» What is expected
Write out every line from the listing below where the string "leaves" is found.

» Source records
################
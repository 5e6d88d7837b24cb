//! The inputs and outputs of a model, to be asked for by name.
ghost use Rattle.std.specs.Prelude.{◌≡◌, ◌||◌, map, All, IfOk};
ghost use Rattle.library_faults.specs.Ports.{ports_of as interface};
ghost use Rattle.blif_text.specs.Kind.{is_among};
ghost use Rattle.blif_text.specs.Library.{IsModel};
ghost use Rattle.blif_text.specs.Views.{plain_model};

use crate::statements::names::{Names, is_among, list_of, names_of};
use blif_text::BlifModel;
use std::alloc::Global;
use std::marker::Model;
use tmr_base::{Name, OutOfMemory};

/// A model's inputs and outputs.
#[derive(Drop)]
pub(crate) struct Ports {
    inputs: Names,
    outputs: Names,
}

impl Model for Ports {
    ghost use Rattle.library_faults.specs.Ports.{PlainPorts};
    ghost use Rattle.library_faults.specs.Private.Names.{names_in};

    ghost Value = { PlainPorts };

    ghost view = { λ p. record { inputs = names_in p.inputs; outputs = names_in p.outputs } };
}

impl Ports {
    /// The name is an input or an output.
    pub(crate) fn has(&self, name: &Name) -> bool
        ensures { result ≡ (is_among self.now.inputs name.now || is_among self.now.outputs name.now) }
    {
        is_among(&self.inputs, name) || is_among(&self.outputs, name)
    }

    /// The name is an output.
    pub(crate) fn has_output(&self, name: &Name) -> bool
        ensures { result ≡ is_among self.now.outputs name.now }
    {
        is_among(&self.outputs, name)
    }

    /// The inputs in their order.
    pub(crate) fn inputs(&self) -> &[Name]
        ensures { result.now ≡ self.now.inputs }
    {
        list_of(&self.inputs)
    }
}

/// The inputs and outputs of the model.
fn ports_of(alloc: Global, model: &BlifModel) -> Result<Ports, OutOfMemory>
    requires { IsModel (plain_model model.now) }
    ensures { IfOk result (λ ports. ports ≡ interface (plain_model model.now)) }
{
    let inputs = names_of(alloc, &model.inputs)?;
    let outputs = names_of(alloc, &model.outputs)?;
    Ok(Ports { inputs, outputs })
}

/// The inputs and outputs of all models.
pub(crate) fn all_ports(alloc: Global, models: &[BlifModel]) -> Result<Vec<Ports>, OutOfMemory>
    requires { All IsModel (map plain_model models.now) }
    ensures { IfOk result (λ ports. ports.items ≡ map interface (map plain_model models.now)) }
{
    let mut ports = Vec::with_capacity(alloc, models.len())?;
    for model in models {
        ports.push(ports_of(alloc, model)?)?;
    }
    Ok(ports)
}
################
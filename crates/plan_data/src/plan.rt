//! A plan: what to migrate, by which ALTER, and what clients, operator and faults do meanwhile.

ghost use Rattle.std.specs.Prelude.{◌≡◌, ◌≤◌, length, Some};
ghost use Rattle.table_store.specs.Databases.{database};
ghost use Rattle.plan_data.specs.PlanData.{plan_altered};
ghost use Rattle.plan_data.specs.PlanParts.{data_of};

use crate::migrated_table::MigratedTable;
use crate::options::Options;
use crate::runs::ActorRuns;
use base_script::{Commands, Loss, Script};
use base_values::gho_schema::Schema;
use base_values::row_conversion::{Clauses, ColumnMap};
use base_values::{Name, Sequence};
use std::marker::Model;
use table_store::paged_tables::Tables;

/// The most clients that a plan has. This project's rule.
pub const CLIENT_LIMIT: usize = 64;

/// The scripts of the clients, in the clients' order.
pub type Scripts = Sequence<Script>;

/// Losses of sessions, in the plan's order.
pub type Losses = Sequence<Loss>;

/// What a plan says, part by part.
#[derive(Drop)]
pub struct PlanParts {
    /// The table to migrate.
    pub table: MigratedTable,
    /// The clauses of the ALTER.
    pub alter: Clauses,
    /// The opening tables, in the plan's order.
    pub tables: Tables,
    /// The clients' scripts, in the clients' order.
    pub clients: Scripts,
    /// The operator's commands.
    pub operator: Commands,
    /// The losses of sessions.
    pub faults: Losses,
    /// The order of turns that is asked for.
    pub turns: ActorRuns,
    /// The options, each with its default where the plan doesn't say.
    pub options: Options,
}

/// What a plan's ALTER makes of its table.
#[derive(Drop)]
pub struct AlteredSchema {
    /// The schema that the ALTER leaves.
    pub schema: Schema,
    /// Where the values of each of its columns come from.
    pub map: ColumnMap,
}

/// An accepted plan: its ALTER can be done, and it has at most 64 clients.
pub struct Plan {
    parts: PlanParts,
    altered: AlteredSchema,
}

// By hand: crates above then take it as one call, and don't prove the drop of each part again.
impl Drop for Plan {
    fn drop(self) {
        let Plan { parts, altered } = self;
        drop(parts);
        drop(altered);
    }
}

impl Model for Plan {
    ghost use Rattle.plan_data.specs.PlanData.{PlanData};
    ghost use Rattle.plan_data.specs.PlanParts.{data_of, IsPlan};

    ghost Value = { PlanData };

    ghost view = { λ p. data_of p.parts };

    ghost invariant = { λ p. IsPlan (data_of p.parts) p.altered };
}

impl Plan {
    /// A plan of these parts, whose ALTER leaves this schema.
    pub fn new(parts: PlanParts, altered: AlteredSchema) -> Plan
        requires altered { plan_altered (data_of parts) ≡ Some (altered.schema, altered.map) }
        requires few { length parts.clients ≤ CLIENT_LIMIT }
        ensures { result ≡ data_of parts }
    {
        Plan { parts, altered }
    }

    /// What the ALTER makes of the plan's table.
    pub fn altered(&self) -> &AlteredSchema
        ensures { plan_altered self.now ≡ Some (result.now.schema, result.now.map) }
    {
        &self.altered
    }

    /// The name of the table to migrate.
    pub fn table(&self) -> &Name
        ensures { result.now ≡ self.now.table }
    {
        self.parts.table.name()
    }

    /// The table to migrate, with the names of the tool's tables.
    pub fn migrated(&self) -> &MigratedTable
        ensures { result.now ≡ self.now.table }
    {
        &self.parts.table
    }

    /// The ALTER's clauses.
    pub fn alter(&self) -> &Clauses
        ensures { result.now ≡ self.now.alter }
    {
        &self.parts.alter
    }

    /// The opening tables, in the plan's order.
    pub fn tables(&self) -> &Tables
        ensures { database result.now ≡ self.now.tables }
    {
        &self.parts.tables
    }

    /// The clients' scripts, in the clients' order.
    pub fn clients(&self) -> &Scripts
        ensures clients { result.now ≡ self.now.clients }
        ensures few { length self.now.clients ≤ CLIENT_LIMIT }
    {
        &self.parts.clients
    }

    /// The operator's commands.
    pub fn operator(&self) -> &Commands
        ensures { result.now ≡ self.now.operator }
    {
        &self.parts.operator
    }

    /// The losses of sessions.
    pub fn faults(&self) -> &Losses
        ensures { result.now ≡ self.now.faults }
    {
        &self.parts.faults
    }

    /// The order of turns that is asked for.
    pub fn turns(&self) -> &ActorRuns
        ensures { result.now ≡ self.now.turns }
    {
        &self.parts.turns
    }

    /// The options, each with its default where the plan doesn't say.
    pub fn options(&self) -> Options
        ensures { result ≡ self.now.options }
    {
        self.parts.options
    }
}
################
» Written solution
    /// The schema that the ALTER leaves.
    /// A plan of these parts, whose ALTER leaves this schema.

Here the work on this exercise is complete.